Kennedia prostrata, commonly known as running postman, scarlet coral pea or scarlet runner, is a species of flowering plant in the family Fabaceae and is endemic to Australia. It is a prostrate or twining shrub with trifoliate leaves and, usually, red flowers.

==Description==
Kennedia prostrata is a prostrate or twining shrub with wiry stems up to 2 m long that are hairy when young. The leaves are on a petiole vary from 5 to 50 mm long, with more or less round leaflets, which are from 6 to 35 mm long and wide with wavy edges. The end leaflet on a petiolule is from 2 to 9 mm long, but the side leaflets more or less sessile. There is a heart-shaped stipule about 5 mm long at the base of the petiole.

The flowers are borne singly or in pairs on a peduncle from 5 to 30 mm long, with bracts from 2 to 5 mm long at the base, the individual flowers on pedicels being from 5 to 25 mm long. The five sepals are hairy, from 6 to 8 mm in length, and the petals are usually scarlet, rarely white. The standard petal is from 13 to 23 mm long, the wings from 12 to 18 mm long, and the keel from 12 to 22 mm long. Flowering occurs from April to November, and the fruit is a flattened cylindrical pod from 20 to 50 mm in length.

==Taxonomy==
Kennedia prostrata was first formally described by Robert Brown in 1812 in Hortus Kewensis. The specific epithet (prostrata) means "prostrate".
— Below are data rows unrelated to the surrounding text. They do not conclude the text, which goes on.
//! Written by `wincode_derive`: the schemas of what the module above declares.
ghost use Rattle.std.specs.Prelude.{◌≡◌, Ok, Err};
ghost use Rattle.wincode_base.specs.PairLaws.{write_laws_by, reads_back_by, pair_read_laws, windowed_read_laws};
ghost use Rattle.wincode_derive_support.specs.PartLaws.{option_laws, vec_laws};
ghost use Rattle.wincode_derive_support.specs.SumLaws.{enum_read_laws, case_laws, last_case_laws};
ghost use Rattle.wincode_derive_support.specs.SplitLaws.{split_laws};
ghost use Rattle.sample_types.specs.declared.answers.Answer.TheVariants.{
  Nothing as Answer-Nothing,
  One as Answer-One,
  Late as Answer-Late,
  Busy as Answer-Busy,
  Refused as Answer-Refused,
  Many as Answer-Many,
  Closed as Answer-Closed,
  Moved as Answer-Moved,
  Ended as Answer-Ended,
};

use super::*;
use std::alloc::Global;
use std::marker::PhantomData;
use wincode::io::{Lending, Reader, Writer};
use wincode::schema::tuples::{encode_front_members_2, size_of_members_2, write_members_2};
use wincode::{
    OneText, ReadResult, RoundTrip, SchemaRead, SchemaReadOwned, SchemaWrite, TypeMeta, WriteResult,
};
use wincode_derive_support::enums::{
    EnumParts, EnumShape, encode_enum, read_enum, size_of_enum, write_enum,
};
use wincode_derive_support::laws::{FieldsOneText, FieldsReadOwned, Lawful, LawfulCases};
use wincode_derive_support::splits::{PartOneText, PartReadOwned, Split};
use wincode_derive_support::sums::{
    Case, CasesOneText, CasesRead, CasesReadOwned, CasesRoundTrip, CasesWrite, Last, OneOf,
};

/// The cases from the 1st on, by their tags.
pub struct AnswerFrom1<T>(PhantomData<T>);

type AnswerFrom1Cases<T> = Case<
    0,
    (),
    Case<1, T, Case<2, (u32, Option<T>), Case<3, (), Last<4, String>>>>,
>;

impl<T: SchemaWrite> CasesWrite for AnswerFrom1<T>
where
    T::Src: Drop,
{
    type Src = Result<(), Result<T::Src, Result<(u32, Option<T::Src>), Result<(), String>>>>;

    ghost Value = { ⟦<AnswerFrom1Cases<T> as CasesWrite>⟧.Value };

    ghost model = { ⟦<AnswerFrom1Cases<T> as CasesWrite>⟧.model };

    ghost is_valid = { ⟦<AnswerFrom1Cases<T> as CasesWrite>⟧.is_valid };

    ghost tag = { ⟦<AnswerFrom1Cases<T> as CasesWrite>⟧.tag };

    ghost own = { ⟦<AnswerFrom1Cases<T> as CasesWrite>⟧.own };

    ghost part = { ⟦<AnswerFrom1Cases<T> as CasesWrite>⟧.part };

    ghost part_laws = { ⟦<AnswerFrom1Cases<T> as CasesWrite>⟧.part_laws };

    ghost answer = { ⟦<AnswerFrom1Cases<T> as CasesWrite>⟧.answer };

    ghost answers = { ⟦<AnswerFrom1Cases<T> as CasesWrite>⟧.answers };

    fn part_meta() -> TypeMeta {
        <AnswerFrom1Cases<T> as CasesWrite>::part_meta()
    }

    fn tag_of(src: &Self::Src) -> WriteResult<usize> {
        <AnswerFrom1Cases<T> as CasesWrite>::tag_of(src)
    }

    fn part_size(src: &Self::Src) -> WriteResult<usize> {
        <AnswerFrom1Cases<T> as CasesWrite>::part_size(src)
    }

    fn write_part<W: Writer>(writer: &mut W, src: &Self::Src) -> WriteResult<()> {
        <AnswerFrom1Cases<T> as CasesWrite>::write_part::<W>(writer, src)
    }
}

impl<L: Lending, T: SchemaRead<L>> CasesRead<L> for AnswerFrom1<T> {
    type Dst = Result<(), Result<T::Dst, Result<(u32, Option<T::Dst>), Result<(), String>>>>;

    ghost Value = { ⟦<AnswerFrom1Cases<T> as CasesRead<L>>⟧.Value };

    ghost model = { ⟦<AnswerFrom1Cases<T> as CasesRead<L>>⟧.model };

    ghost is_valid = { ⟦<AnswerFrom1Cases<T> as CasesRead<L>>⟧.is_valid };

    ghost tag = { ⟦<AnswerFrom1Cases<T> as CasesRead<L>>⟧.tag };

    ghost own = { ⟦<AnswerFrom1Cases<T> as CasesRead<L>>⟧.own };

    ghost part = { ⟦<AnswerFrom1Cases<T> as CasesRead<L>>⟧.part };

    ghost refused = { ⟦<AnswerFrom1Cases<T> as CasesRead<L>>⟧.refused };

    fn part_meta() -> TypeMeta {
        <AnswerFrom1Cases<T> as CasesRead<L>>::part_meta()
    }

    fn prealloc_size() -> usize {
        <AnswerFrom1Cases<T> as CasesRead<L>>::prealloc_size()
    }

    fn get_case<R: Reader<L>>(
        alloc: Global,
        reader: &mut R,
        given: usize,
    ) -> ReadResult<Self::Dst> {
        <AnswerFrom1Cases<T> as CasesRead<L>>::get_case::<R>(alloc, reader, given)
    }

    ghost case_laws = { (case_laws 0 ⟦<() as Lawful<L>>⟧.read_laws
        (case_laws 1 T.read_laws
        (case_laws 2 (windowed_read_laws (pair_read_laws ⟦<u32 as Lawful<L>>⟧.read_laws (option_laws T.read_laws)))
        (case_laws 3 ⟦<() as Lawful<L>>⟧.read_laws
        (last_case_laws 4 ⟦<String as Lawful<L>>⟧.read_laws))))) };
}
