impl<A: SchemaWrite, B: SchemaWrite, C: SchemaWrite, D: SchemaWrite, E: SchemaWrite> SchemaWrite
    for (A, B, C, D, E) {
    type Src = (A::Src, B::Src, C::Src, D::Src, E::Src);

    ghost Value = { A.Value × (B.Value × (C.Value × (D.Value × E.Value))) };

    ghost model = { λ t. (A.model t.0, (B.model t.1, (C.model t.2, (D.model t.3, E.model t.4)))) };

    ghost is_valid = { λ t. A.is_valid t.0 × (B.is_valid t.1 × (C.is_valid t.2 × (D.is_valid t.3 × E.is_valid t.4))) };

    ghost writing = { windowed_write (pair_write A.writing (pair_write B.writing (pair_write C.writing (pair_write D.writing E.writing)))) };

    fn type_meta() -> TypeMeta {
        pair_meta(A::type_meta(), <(B, C, D, E) as SchemaWrite>::type_meta())
    }

    fn size_of(src: &Self::Src) -> WriteResult<usize> {
        size_of_members_5::<A, B, C, D, E>(&src.0, &src.1, &src.2, &src.3, &src.4)
    }

    #[inline]
    fn write<W: Writer>(writer: &mut W, src: &Self::Src) -> WriteResult<()> {
        write_members_5::<A, B, C, D, E, W>(writer, &src.0, &src.1, &src.2, &src.3, &src.4)
    }

    #[inline(always)]
    fn encode_front(src: &Self::Src, dst: &mut [u8]) -> Option<usize> {
        encode_front_members_5::<A, B, C, D, E>(&src.0, &src.1, &src.2, &src.3, &src.4, dst)
    }

    #[inline(always)]
    fn write_at_once<W: Writer>(writer: &mut W, items: &[Self::Src]) -> Option<WriteResult<()>> {
        let _ = &*writer;
        let _items = items.len();
        None
    }

    #[inline(always)]
    fn known_size() -> Option<usize> {
        None
    }

    ghost write_laws = { write_laws_by (λ t. (t.0, (t.1, (t.2, (t.3, t.4)))))
        (windowed_write_laws (pair_write_laws A.write_laws (pair_write_laws B.write_laws (pair_write_laws C.write_laws
        (pair_write_laws D.write_laws E.write_laws))))) };
}

/// The size of 6 members, each seen by a schema of its own: that of a tuple of them.
#[inline]
pub fn size_of_members_6<
    A: SchemaWrite,
    B: SchemaWrite,
    C: SchemaWrite,
    D: SchemaWrite,
    E: SchemaWrite,
    F: SchemaWrite,
>(a: &A::Src, b: &B::Src, c: &C::Src, d: &D::Src, e: &E::Src, f: &F::Src) -> WriteResult<usize>
    ensures ok { let tuple = ⟦<(A, B, C, D, E, F) as SchemaWrite>⟧ in IfOk result
        (IsSized tuple.writing (tuple.model (a.now, b.now, c.now, d.now, e.now, f.now))) }
    ensures err { let tuple = ⟦<(A, B, C, D, E, F) as SchemaWrite>⟧ in IfErr result
        (SizeRefused tuple.writing (tuple.model (a.now, b.now, c.now, d.now, e.now, f.now))) }
{
    joined_size(
        A::size_of(a),
        size_of_members_5::<B, C, D, E, F>(b, c, d, e, f),
    )
}

/// Writes 6 members through one window where all have one size.
#[inline]
fn write_6<
    A: SchemaWrite,
    B: SchemaWrite,
    C: SchemaWrite,
    D: SchemaWrite,
    E: SchemaWrite,
    F: SchemaWrite,
    W: Writer,
>(writer: &mut W, src: &(A::Src, (B::Src, (C::Src, (D::Src, (E::Src, F::Src)))))) -> WriteResult<()>
    ensures { let s1 = src.now.1 in let s2 = s1.1 in let s3 = s2.1 in let s4 = s3.1 in let s5 = s4.1 in
        WriteOutcome (windowed_write (pair_write A.writing (pair_write B.writing (pair_write C.writing (pair_write D.writing
        (pair_write E.writing F.writing)))))) (W.state writer.old) (W.state writer.new)
        (A.model src.now.0, (B.model s1.0, (C.model s2.0, (D.model s3.0, (E.model s4.0, F.model s5))))) (A.is_valid src.now.0 × (B.is_valid s1.0 ×
        (C.is_valid s2.0 × (D.is_valid s3.0 × (E.is_valid s4.0 × F.is_valid s5))))) result }
{
    write_in_window::<Members6<A, B, C, D, E, F>, W>(writer, src)
}

/// Writes 6 members, each by a schema of its own, as a tuple of them is written.
#[inline]
pub fn write_members_6<
    A: SchemaWrite,
    B: SchemaWrite,
    C: SchemaWrite,
    D: SchemaWrite,
    E: SchemaWrite,
    F: SchemaWrite,
    W: Writer,
>(
    writer: &mut W,
    a: &A::Src,
    b: &B::Src,
    c: &C::Src,
    d: &D::Src,
    e: &E::Src,
    f: &F::Src,
) -> WriteResult<()>
    ensures { let tuple = ⟦<(A, B, C, D, E, F) as SchemaWrite>⟧ in
        WriteOutcome tuple.writing (W.state writer.old) (W.state writer.new) (tuple.model (a.now, b.now, c.now, d.now, e.now, f.now))
        (tuple.is_valid (a.now, b.now, c.now, d.now, e.now, f.now)) result }
{
    write_6::<&Member<A>, &Member<B>, &Member<C>, &Member<D>, &Member<E>, &Member<F>, W>(
        writer,
        &(a, (b, (c, (d, (e, f))))),
    )
}

impl<
    A: SchemaWrite,
    B: SchemaWrite,
    C: SchemaWrite,
    D: SchemaWrite,
    E: SchemaWrite,
    F: SchemaWrite,
> SchemaWrite for (A, B, C, D, E, F) {
    type Src = (A::Src, B::Src, C::Src, D::Src, E::Src, F::Src);

    ghost Value = { A.Value × (B.Value × (C.Value × (D.Value × (E.Value × F.Value)))) };

    ghost model = { λ t. (A.model t.0, (B.model t.1, (C.model t.2, (D.model t.3, (E.model t.4, F.model t.5))))) };

    ghost is_valid = { λ t. A.is_valid t.0 × (B.is_valid t.1 × (C.is_valid t.2 × (D.is_valid t.3 × (E.is_valid t.4 × F.is_valid t.5)))) };

    ghost writing = { windowed_write (pair_write A.writing (pair_write B.writing (pair_write C.writing (pair_write D.writing
        (pair_write E.writing F.writing))))) };

    fn type_meta() -> TypeMeta {
        pair_meta(
            A::type_meta(),
            <(B, C, D, E, F) as SchemaWrite>::type_meta(),
        )
    }

    fn size_of(src: &Self::Src) -> WriteResult<usize> {
        size_of_members_6::<A, B, C, D, E, F>(&src.0, &src.1, &src.2, &src.3, &src.4, &src.5)
    }

    #[inline]
    fn write<W: Writer>(writer: &mut W, src: &Self::Src) -> WriteResult<()> {
        write_members_6::<A, B, C, D, E, F, W>(
            writer, &src.0, &src.1, &src.2, &src.3, &src.4, &src.5,
        )
    }

    #[inline(always)]
    fn encode_front(src: &Self::Src, dst: &mut [u8]) -> Option<usize> {
        encode_front_members_6::<A, B, C, D, E, F>(
            &src.0, &src.1, &src.2, &src.3, &src.4, &src.5, dst,
        )
    }

    #[inline(always)]
    fn write_at_once<W: Writer>(writer: &mut W, items: &[Self::Src]) -> Option<WriteResult<()>> {
        let _ = &*writer;
        let _items = items.len();
        None
    }

    #[inline(always)]
    fn known_size() -> Option<usize> {
        None
    }

    ghost write_laws = { write_laws_by (λ t. (t.0, (t.1, (t.2, (t.3, (t.4, t.5))))))
        (windowed_write_laws (pair_write_laws A.write_laws (pair_write_laws B.write_laws (pair_write_laws C.write_laws (pair_write_laws D.write_laws
        (pair_write_laws E.write_laws F.write_laws)))))) };
}

/// The size of 7 members, each seen by a schema of its own: that of a tuple of them.
#[inline]
pub fn size_of_members_7<
    A: SchemaWrite,
    B: SchemaWrite,
    C: SchemaWrite,
    D: SchemaWrite,
    E: SchemaWrite,
    F: SchemaWrite,
    G: SchemaWrite,
>(
    a: &A::Src,
    b: &B::Src,
    c: &C::Src,
    d: &D::Src,
    e: &E::Src,
    f: &F::Src,
    g: &G::Src,
) -> WriteResult<usize>
    ensures ok { let tuple = ⟦<(A, B, C, D, E, F, G) as SchemaWrite>⟧ in IfOk result
        (IsSized tuple.writing (tuple.model (a.now, b.now, c.now, d.now, e.now, f.now, g.now))) }
    ensures err { let tuple = ⟦<(A, B, C, D, E, F, G) as SchemaWrite>⟧ in IfErr result
        (SizeRefused tuple.writing (tuple.model (a.now, b.now, c.now, d.now, e.now, f.now, g.now))) }
{
    joined_size(
        A::size_of(a),
        size_of_members_6::<B, C, D, E, F, G>(b, c, d, e, f, g),
    )
}
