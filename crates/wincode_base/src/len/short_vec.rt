//! Numbers below 2 to the 16 in one to three bytes, as lengths and as values.
ghost use Rattle.std.specs.Prelude.{◌≡◌, ◌≤◌, length, take, IfSome, IfOk, IfErr, OnOk, MatchOption};
ghost use Rattle.wincode_io.specs.ShortNumbers.{short_encoding, BeginsShort, BeginsNoShort};
ghost use Rattle.wincode_io.specs.Writers.{Added, BytesWriteRefused};
ghost use Rattle.wincode_base.specs.Lengths.{LengthSizeRefused};
ghost use Rattle.wincode_base.specs.Outcomes.{GetOutcome};
ghost use Rattle.wincode_base.specs.Short.{short_read, short_scheme};
ghost use Rattle.wincode_base.specs.ShortLaws.{short_scheme_laws};

use crate::error::{
    ReadResult, WriteResult, read_length_encoding_overflow, write_length_encoding_overflow,
};
use crate::front::put_front;
use crate::len::SeqLen;
use wincode_io as io;
use wincode_io::{Lending, Reader, Writer};

/// A number below 2 to the 16 in groups of seven bits, the lowest first, with 128 added to each but the
/// last: n is `[n]` below 128, `[128 + n mod 128, n div 128]` below 16384, and from there on
/// `[128 + n mod 128, 128 + (n div 128) mod 128, n div 16384]`. Only these bytes are read as n. It is
/// a value, and as a length scheme it writes and reads lengths so.
#[derive(Drop)]
pub struct ShortU16(pub u16);

/// The same, by the name of a length scheme.
pub type ShortU16Len = ShortU16;

/// The short number that these bytes begin with; none where they begin with none.
fn short_in_front(bytes: &[u8]) -> Option<u16>
    ensures { MatchOption result (BeginsNoShort bytes.now) (BeginsShort bytes.now) }
{
    let (&first, bytes) = bytes.split_first()?;
    let first = first as u16;
    if first < 128 {
        return Some(first);
    }
    let (&second, bytes) = bytes.split_first()?;
    let second = second as u16;
    if second == 0 {
        return None;
    }
    if second < 128 {
        return Some(first - 128 + 128 * second);
    }
    let (&third, _) = bytes.split_first()?;
    if third == 0 || third > 3 {
        return None;
    }
    Some(first - 128 + 128 * (second - 128 + 128 * third as u16))
}

/// The length of a short number, in bytes.
pub fn short_size(value: u16) -> usize
    ensures { result ≡ length (short_encoding value) }
{
    if value < 128 {
        1
    } else if value < 16384 {
        2
    } else {
        3
    }
}

/// The short number that the reader has in front, which is then gone. Refused, all bytes stay.
pub fn take_short<L: Lending, R: Reader<L>>(reader: &mut R) -> ReadResult<u16>
    ensures { GetOutcome short_read (λ n. n) (R.state reader.old) (R.state reader.new) result }
{
    let bytes = reader.fill_buf(3)?;
    match short_in_front(bytes) {
        Some(value) => {
            reader.consume_unchecked(short_size(value));
            Ok(value)
        }
        None => Err(read_length_encoding_overflow("u16::MAX")),
    }
}

/// Writes a short number, in one piece.
pub fn write_short<W: Writer>(writer: &mut W, value: u16) -> io::WriteResult<()>
    ensures ok { OnOk result (Added (short_encoding value) (W.state writer.old) (W.state writer.new)) }
    ensures err { IfErr result (BytesWriteRefused (length (short_encoding value)) (W.state writer.old) (W.state writer.new)) }
{
    if value < 128 {
        return writer.write(&[value as u8]);
    }
    let low = (128 + value % 128) as u8;
    let high = value / 128;
    if high < 128 {
        return writer.write(&[low, high as u8]);
    }
    writer.write(&[low, (128 + high % 128) as u8, (high / 128) as u8])
}

/// Puts a short number over the front of the bytes, and gives how many it has; or answers `None`, where there are
/// fewer.
fn put_short(value: u16, dst: &mut [u8]) -> Option<usize>
    ensures { IfSome result (λ n. (n ≤ length dst.new) × (take n dst.new ≡ short_encoding value)) }
{
    if value < 128 {
        return put_front(&[value as u8], dst);
    }
    let low = (128 + value % 128) as u8;
    let high = value / 128;
    if high < 128 {
        return put_front(&[low, high as u8], dst);
    }
    put_front(&[low, (128 + high % 128) as u8, (high / 128) as u8], dst)
}

/// The length as a short number. A length past `u16::MAX` is `LengthEncodingOverflow`.
pub fn short_of(len: usize) -> WriteResult<u16>
    ensures ok { IfOk result (λ n. n ≡ len) }
    ensures err { IfErr result (LengthSizeRefused short_scheme len) }
{
    if len > 65535 {
        return Err(write_length_encoding_overflow("u16::MAX"));
    }
    Ok(len as u16)
}

impl SeqLen for ShortU16 {
    ghost scheme = { short_scheme };

    /// It has no limit of its own. Where no short number stands in front, it is
    /// `LengthEncodingOverflow`, and all bytes stay.
    fn read<L: Lending, R: Reader<L>>(reader: &mut R, _prealloc: usize) -> ReadResult<usize> {
        let value = take_short::<L, R>(reader)?;
        Ok(value as usize)
    }

    fn write<W: Writer>(writer: &mut W, len: usize) -> WriteResult<()> {
        let value = short_of(len)?;
        write_short::<W>(writer, value)?;
        Ok(())
    }

    fn write_bytes_needed(len: usize) -> WriteResult<usize> {
        let value = short_of(len)?;
        Ok(short_size(value))
    }

    fn encode(len: usize, dst: &mut [u8]) -> Option<usize> {
        if len > 65535 {
            return None;
        }
        put_short(len as u16, dst)
    }

    ghost scheme_laws = { short_scheme_laws };
}
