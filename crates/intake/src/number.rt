// Hands by number: the deck of the number, dealt.
ghost use Rattle.std.specs.Prelude.{◌≡◌};
ghost use Rattle.board.specs.Refusal.{answered};
ghost use Rattle.intake.specs.Number.{number_asked};

use crate::deal::deal;
use board::{Board, Refusal};

// The largest number.
const MOST_NUMBER: usize = 32_000;

// 41, or the board of the number.
pub fn hand(number: usize) -> Result<Board, Refusal>
    ensures { answered result ≡ number_asked number }
{
    if number == 0 {
        return Err(Refusal::NoNumber);
    }
    if MOST_NUMBER < number {
        return Err(Refusal::NoNumber);
    }
    let deck = shuffle::deck_of(number);
    deal(&deck)
}
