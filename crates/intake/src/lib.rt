// Boards from outside: reading an image, dealing a deck, dealing the hand of a number.
#![tactic(auto)]

pub mod deal;
pub mod image;
pub mod number;
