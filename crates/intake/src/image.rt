// Reading a board image. Codes and repeats are verdict_on on what the image shows; a record is filled only from an image
// that is accepted.
ghost use Rattle.std.specs.Prelude.{◌≡◌, ◌+◌, ◌*◌, ◌≤◌, ◌<◌, length, take, drop};
ghost use Rattle.base.specs.Words.{listed};
ghost use Rattle.board.specs.Refusal.{answered};
ghost use Rattle.intake.specs.Image.{image_read, bodied};
ghost use Rattle.board.specs.Inner.{Parts};
ghost use Rattle.intake.specs.Inside.{Outlined, part_code};
ghost use Rattle.board.specs.Record.{tableau_room};

use board::{Board, CODES, ROOM, Refusal, verdict};
use std::array;

// Where an image's columns lie: the first code of each, and how many.
#[derive(Clone, Copy)]
struct Outline {
    pub starts: [usize; 8],
    pub counts: [u8; 8],
}

// None where the last column does not end where the image does.
fn find_columns(image: &[u8]) -> Option<Outline>
    requires { 11 ≤ length image.now }
    ensures { Outlined image.now result }
{
    let mut starts = [0usize; 8];
    let mut counts = [0u8; 8];
    let mut at = 11;
    for i in 0..8 {
        if image.len() <= at {
            return None;
        }
        let count = image[at];
        let start = at + 1;
        let end = start + usize::from(count);
        if image.len() < end {
            return None;
        }
        starts[i] = start;
        counts[i] = count;
        at = end;
    }
    if at < image.len() {
        return None;
    }
    Some(Outline { starts, counts })
}

fn four_at(image: &[u8], at: usize) -> [u8; 4]
    requires { at + 4 ≤ length image.now }
    ensures { result ≡ take 4 (drop at image.now) }
{
    let first = image[at];
    let second = image[at + 1];
    let third = image[at + 2];
    let fourth = image[at + 3];
    [first, second, third, fourth]
}

// The code at one place of the flat array, 0 where its column has no such row.
fn code_at<'a>(starts: &'a [usize; 8], counts: &'a [u8; 8], codes: &'a [u8], p: usize) -> u8
    requires parts { Parts starts.now counts.now codes.now }
    requires p_lt_tableau_room { p < tableau_room }
    ensures { result ≡ part_code starts.now counts.now codes.now p }
{
    let i = p / ROOM;
    let row = p % ROOM;
    let count = usize::from(counts[i]);
    if row < count {
        let start = starts[i];
        let at = start + row;
        return codes[at];
    }
    0
}

// The flat array of the eight columns.
fn fill<'a>(starts: &'a [usize; 8], counts: &'a [u8; 8], codes: &'a [u8]) -> [u8; CODES]
    requires { Parts starts.now counts.now codes.now }
    ensures { result ≡ listed tableau_room (part_code starts.now counts.now codes.now) }
{
    array::from_fn(|p| code_at(starts, counts, codes, p))
}

// 12, 13, 14, 15, or the board, once the length and the version are right.
fn read_body(image: &[u8]) -> Result<Board, Refusal>
    requires { 3 ≤ length image.now }
    ensures { answered result ≡ bodied (drop 3 image.now) }
{
    if image.len() < 11 {
        return Err(Refusal::WrongShape);
    }
    let cells = four_at(image, 3);
    let foundation = four_at(image, 7);
    if !verdict::within(13, &foundation) {
        return Err(Refusal::WrongShape);
    }
    let Some(lie) = find_columns(image) else {
        return Err(Refusal::WrongShape);
    };
    let starts = lie.starts;
    let counts = lie.counts;
    verdict::verdict_on(&cells, &foundation, &starts, &counts, image)?;
    let tableau = fill(&starts, &counts, image);
    Ok(Board {
        cells,
        foundation,
        counts,
        tableau,
    })
}

// A two-byte count, the higher byte first.
fn big_endian(high: u8, low: u8) -> usize
    ensures { result ≡ high * 256 + low }
{
    usize::from(u16::from_be_bytes([high, low]))
}

// 10, 11, 12, 13, 14, 15 in that order, or the board.
pub fn read(image: &[u8]) -> Result<Board, Refusal>
    ensures { answered result ≡ image_read image.now }
{
    let n = image.len();
    if n < 2 {
        return Err(Refusal::WrongLength);
    }
    let declared = big_endian(image[0], image[1]);
    if declared != n - 2 {
        return Err(Refusal::WrongLength);
    }
    if n < 3 {
        return Err(Refusal::WrongVersion);
    }
    if image[2] != 1 {
        return Err(Refusal::WrongVersion);
    }
    read_body(image)
}
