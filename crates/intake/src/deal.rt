// Dealing a deck of 52 (after freecell/board.rs, `apply_fc_deal`, changed: NOTICE).
ghost use Rattle.std.specs.Prelude.{◌≡◌, ◌<◌};
ghost use Rattle.base.specs.Words.{listed};
ghost use Rattle.board.specs.Refusal.{answered};
ghost use Rattle.intake.specs.Deal.{deal_asked};
ghost use Rattle.intake.specs.Inside.{deck_code};
ghost use Rattle.board.specs.Record.{tableau_room};

use board::{Board, CODES, ROOM, Refusal, verdict};
use std::array;

// The code at one place of the flat array: deck place row * 8 + column, if there is one.
fn dealt_code(deck: &[u8], p: usize) -> u8
    requires { p < tableau_room }
    ensures { result ≡ deck_code deck.now p }
{
    let column = p / ROOM;
    let row = p % ROOM;
    let before = row * 8;
    let at = before + column;
    if at < deck.len() {
        return deck[at];
    }
    0
}

// The flat array of the eight columns.
fn lay_out(deck: &[u8]) -> [u8; CODES]
    ensures { result ≡ listed tableau_room (deck_code deck.now) }
{
    array::from_fn(|p| dealt_code(deck, p))
}

// 16, 13, 14, or the board: place i goes to column i mod 8, row i div 8.
pub fn deal(deck: &[u8]) -> Result<Board, Refusal>
    ensures { answered result ≡ deal_asked deck.now }
{
    if deck.len() != 52 {
        return Err(Refusal::NoDeck);
    }
    if !verdict::are_cards(deck) {
        return Err(Refusal::NoCard);
    }
    if !verdict::none_twice(deck) {
        return Err(Refusal::CardTwice);
    }
    let tableau = lay_out(deck);
    Ok(Board {
        cells: [255; 4],
        foundation: [0; 4],
        counts: [7, 7, 7, 7, 6, 6, 6, 6],
        tableau,
    })
}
==Distribution and habitat==
Running postman occurs in all Australian states and territories, except Queensland and the Northern Territory, and grows in a variety of habitats, often on coastal sand dunes and on rock outcrops.

==Use in horticulture==
The species is naturally adapted to sandy or lighter soils and prefers a sunny position. A widely cultivated species, it grows in temperate to subtropical areas and is hardy in most situations.